Einst habe ich an der Universität in Würzburg studiert, jetzt bin ich Lehrer. Mein Lieblingszitat stammt aus dem grandiosen österreichischen Film Poppitz: „Dänkn däaf mass, soogn liaba neet“ – schließlich sind zumindest die Gedanken frei – wer es nicht verstanden hat: „Denken darf man es, sagen besser nicht“

10 Kommentare

  1. Der Fehler war, das Rauchverbot im Winter einzuführen. Ein Stichtag 1.7. hätte bei weitem nicht zu so einem Trara geführt. Den ganzen Sommer hätten die Leute im Freien geraucht und bis zum Winter hätte man sich längst daran gewohnt.

  2. Wahrscheinlich auch das.
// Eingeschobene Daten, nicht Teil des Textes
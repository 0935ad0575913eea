// One peer's rounds: what its front has noted goes to its tape, and is settled once it is on the disks.
ghost use Rattle.std.specs.Prelude.{◌≡◌, ◌<◌, ◌≤◌, ◌⊎◌, IfErr, IfOk, IfSome, length};
ghost use Rattle.flusher.specs.Faults.{IsPartFault, IsRoundFault};
ghost use Rattle.flusher.specs.Moments.{DeskAtSomeMoment, IsStray};
ghost use Rattle.flusher.specs.Told.{IsTold};

use crate::front_desk::FrontDesk;
use crate::pace::{Pace, Place, Who};
use crate::sealing::Settlement;
use crate::tape_desk::Flush;
use crate::{Naming, Post, PostFault};
use disk_model::Disk;
use recovery::TapeFault;
use std::sync::Wait;

impl<D: Disk, N: Naming> Post<D, N> {
    // Settles the first `count` notes of a peer's front, as its tape counts them. A fault is reported to the front
    // before it is returned.
    pub(crate) fn settle_peer<P: Pace, R: Wait>(
        &self,
        rt: &R,
        pace: &P,
        peer: usize,
        count: u64,
    ) -> Result<Settlement, PostFault>
        requires { peer < length self.now.names }
        ensures settled { IfOk result
            (λ settlement. (settlement.place ≡ peer) × (count ≤ settlement.count)) }
        ensures told { IfErr result (λ e. DeskAtSomeMoment N N.Naming peer (IsTold e)
            ⊎ IsStray N N.Naming peer e) }
        ensures kinds { IfErr result (IsPartFault peer IsRoundFault) }
    {
        match self.go_round(rt, pace, peer, count) {
            Ok(settlement) => Ok(settlement),
            Err(fault) => Err(self.report_to_front(rt, peer, fault)),
        }
    }

    // Reports to a peer's front that a flush or a rotation failed, and returns the fault. The front is cut off if a
    // disk failed, now or before. `Stranger` if its lock held another peer's front, which no run meets.
    pub(crate) fn report_to_front<R: Wait>(
        &self,
        rt: &R,
        peer: usize,
        fault: PostFault,
    ) -> PostFault
        requires { peer < length self.now.names }
        ensures told { DeskAtSomeMoment N N.Naming peer (IsTold result)
            ⊎ IsStray N N.Naming peer result }
        ensures fault { (result ≡ fault) ⊎ (result ≡ PostFault.Stranger peer) }
    {
        match self.own_front(rt, peer) {
            Ok(mut desk) => {
                fail_at(&mut desk, fault);
                fault
            }
            Err(stray) => stray,
        }
    }

    // Goes in rounds until the first `count` notes are settled. One round is enough, unless more pended than the tape
    // may have pending beside what others note meanwhile.
    fn go_round<P: Pace, R: Wait>(
        &self,
        rt: &R,
        pace: &P,
        peer: usize,
        count: u64,
    ) -> Result<Settlement, PostFault>
        requires { peer < length self.now.names }
        ensures settled { IfOk result
            (λ settlement. (settlement.place ≡ peer) × (count ≤ settlement.count)) }
        ensures kinds { IfErr result (IsPartFault peer IsRoundFault) }
    {
        let mut is_first = true;
        for _ in rt.forever() {
            self.fill(rt, peer, count)?;
            let flush = self.put(rt, pace, peer, is_first)?;
            let settlement = self.settle(rt, peer, &flush)?;
            if settlement.count() >= count {
                return Ok(settlement);
            }
            is_first = false;
        }
        unreachable!()
    }

    // Brings to a peer's tape what its front has noted, until the first `count` notes were sent, or no more may pend at
    // the tape.
    fn fill<R: Wait>(&self, rt: &R, peer: usize, count: u64) -> Result<(), PostFault>
        requires { peer < length self.now.names }
        ensures kinds { IfErr result (IsPartFault peer IsRoundFault) }
    {
        for _ in rt.forever() {
            let all_sent = self.push(rt, peer, count)?;
            let is_full = self.pull(rt, peer)?;
            if all_sent || is_full {
                return Ok(());
            }
        }
        unreachable!()
    }

    // Sends what a peer's front has not sent, and returns whether its first `count` notes are sent.
    fn push<R: Wait>(&self, rt: &R, peer: usize, count: u64) -> Result<bool, PostFault>
        requires { peer < length self.now.names }
        ensures kinds { IfErr result
            (λ e. (e ≡ PostFault.Stranger peer) ⊎ (e ≡ PostFault.NoMemory)) }
    {
        let mut desk = self.peers[peer].front.lock(rt);
        self.send(rt, peer, &mut desk)?;
        Ok(desk.has_sent(count))
    }

    // Puts on a peer's tape what was sent, and returns whether no more may pend there.
    fn pull<R: Wait>(&self, rt: &R, peer: usize) -> Result<bool, PostFault>
        requires { peer < length self.now.names }
        ensures kinds { IfErr result (IsPartFault peer IsRoundFault) }
    {
        let at = &self.peers[peer];
        let mut desk = at.tape.lock(rt);
        if desk.place != peer {
            return Err(PostFault::Stranger { peer });
        }
        match desk.pull(rt, &at.queue) {
            Ok(()) => Ok(false),
            Err(TapeFault::PendingFull) => Ok(true),
            Err(fault) => Err(PostFault::of_tape(peer, fault)),
        }
    }

    // Puts on a peer's disks what pends at its tape, under the tape's lock alone.
    fn put<P: Pace, R: Wait>(
        &self,
        rt: &R,
        pace: &P,
        peer: usize,
        is_first: bool,
    ) -> Result<Flush, PostFault>
        requires { peer < length self.now.names }
        ensures kinds { IfErr result (IsPartFault peer IsRoundFault) }
    {
        let mut desk = self.peers[peer].tape.lock(rt);
        if is_first {
            pace.turn(Who::Flusher, Place::InFlush);
        }
        match desk.flush() {
            Ok(flush) => Ok(flush),
            Err(fault) => Err(PostFault::of_tape(peer, fault)),
        }
    }

    // Settles at a peer's front what a flush has put on the disks.
    pub(crate) fn settle<R: Wait>(
        &self,
        rt: &R,
        peer: usize,
        flush: &Flush,
    ) -> Result<Settlement, PostFault>
        requires { peer < length self.now.names }
        ensures settled { IfOk result (λ settlement. (settlement.place ≡ peer)
            × (settlement.count ≡ flush.now.flushed.count)) }
        ensures kinds { IfErr result (λ e. e ≡ PostFault.Stranger peer) }
    {
        let mut desk = self.peers[peer].front.lock(rt);
        if desk.seat.place != peer {
            return Err(PostFault::Stranger { peer });
        }
        match desk.learn(flush) {
            Some(settlement) => Ok(settlement),
            None => Err(PostFault::Stranger { peer }),
        }
    }
}

// Tells a front that a flush or a rotation of its tape failed.
fn fail_at<N: Naming>(desk: &mut FrontDesk<N>, fault: PostFault)
    ensures { IsTold fault desk.old desk.new }
{
    desk.fail(fault.has_broken());
}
Ich empfinde als Hauptproblem die uneinheitliche Regelung auf Länderebene, so dass immer einer sagen kann, die machen aber…, die dürfen aber…

  3. Die Frage ist, wer „hohl und borniert“ ist: Diejenigen, die jeden Mist den irgendwelche Lobbyisten einführen, gut finden, oder diejenigen, die sich gegen diesen völlig unsinnigen Verbotswahn zur Wehr setzen.

    Zum Glück sind die Bayern noch nicht so angestumpft dass sie sich jeden unsinnigen Blödsinn bieten lassen.

  4. ha, ich weiss noch wo wir im tiefsten Bayern im urtümlichsten Wirtshaus eine rauchen wollten und wieder rausgeschickt wurden, das war 1997 glaub ich…Verbotswahn – sehr lustig, wirklich. Toll die ganzen qualmenden Robin Hoods. Wenigstens haben die noch ein wenig Durchblick im Schilderwald 😉 Spinner…

  5. Lobbyisten…ha, ich würde eher sagen die haben das Rauchen eingeführt; aber bekanntermassen reduziert Rauchen ja (mindestens kurzfristig) die Hirnleistung..wohl grad erst gezogen?

  6. Über die Bemerkung mit den Lobbyisten, die das Rauchen verbieten wollten, musste ich auch schmunzeln. Welche Lobby vertreten die? Die der Lungenfachärzte?

    Als ehemaliger Raucher und heutiger Gelegenheitsraucher sehe ich das so, dass es keine andere Möglichkeit als ein Nichtraucherschutzgesetz gibt, da auf freiwillige Rücksichtnahme nie gesetzt werden konnte und kann, da sich jeder Raucher bisher persönlich angegriffen sah, wenn man während des Essens darum gebeten hat, nicht zu rauchen. Wo das funktionieren soll, möge mir bitte jemand zeigen.

    Und diese haarsträubenden Vergleiche an jeder Ecke… Wenn mir das Bier nicht passt, gehe ich nicht rein, wenn geraucht wird, gehe ich nicht rein. Den Wirt möchte ich sehen, der sein Lokal zum Nichtraucherlokal macht, während der daneben fleißig weiterqualmen lässt.
    Was ist so schlimm daran, zum Rauchen mal eben vor die Tür zu gehen, wenn es die Sucht verlangt. Diese Möglichkeit hatte der Nichtraucher nie, er war dem Dunst ausgesetzt. Zur Wirtshauskultur gehört das mit Sicherheit nicht.

    Langes Argumentieren hat bei den Club-Hanseln aber keinen Sinn, der nötige Weitblick fehlt den meisten.

  7. Oh die großen Bayern. Die Franken sind da wesentlich weiter und meinen nicht, mit einer Grundrechtedebatte dafür zu kämpfen, dass doch andere mal schln tolerant sein sollen, selbst aber an jeder Ecke geraucht werden muss, um die Kultur und die Grundrechte zu wahren.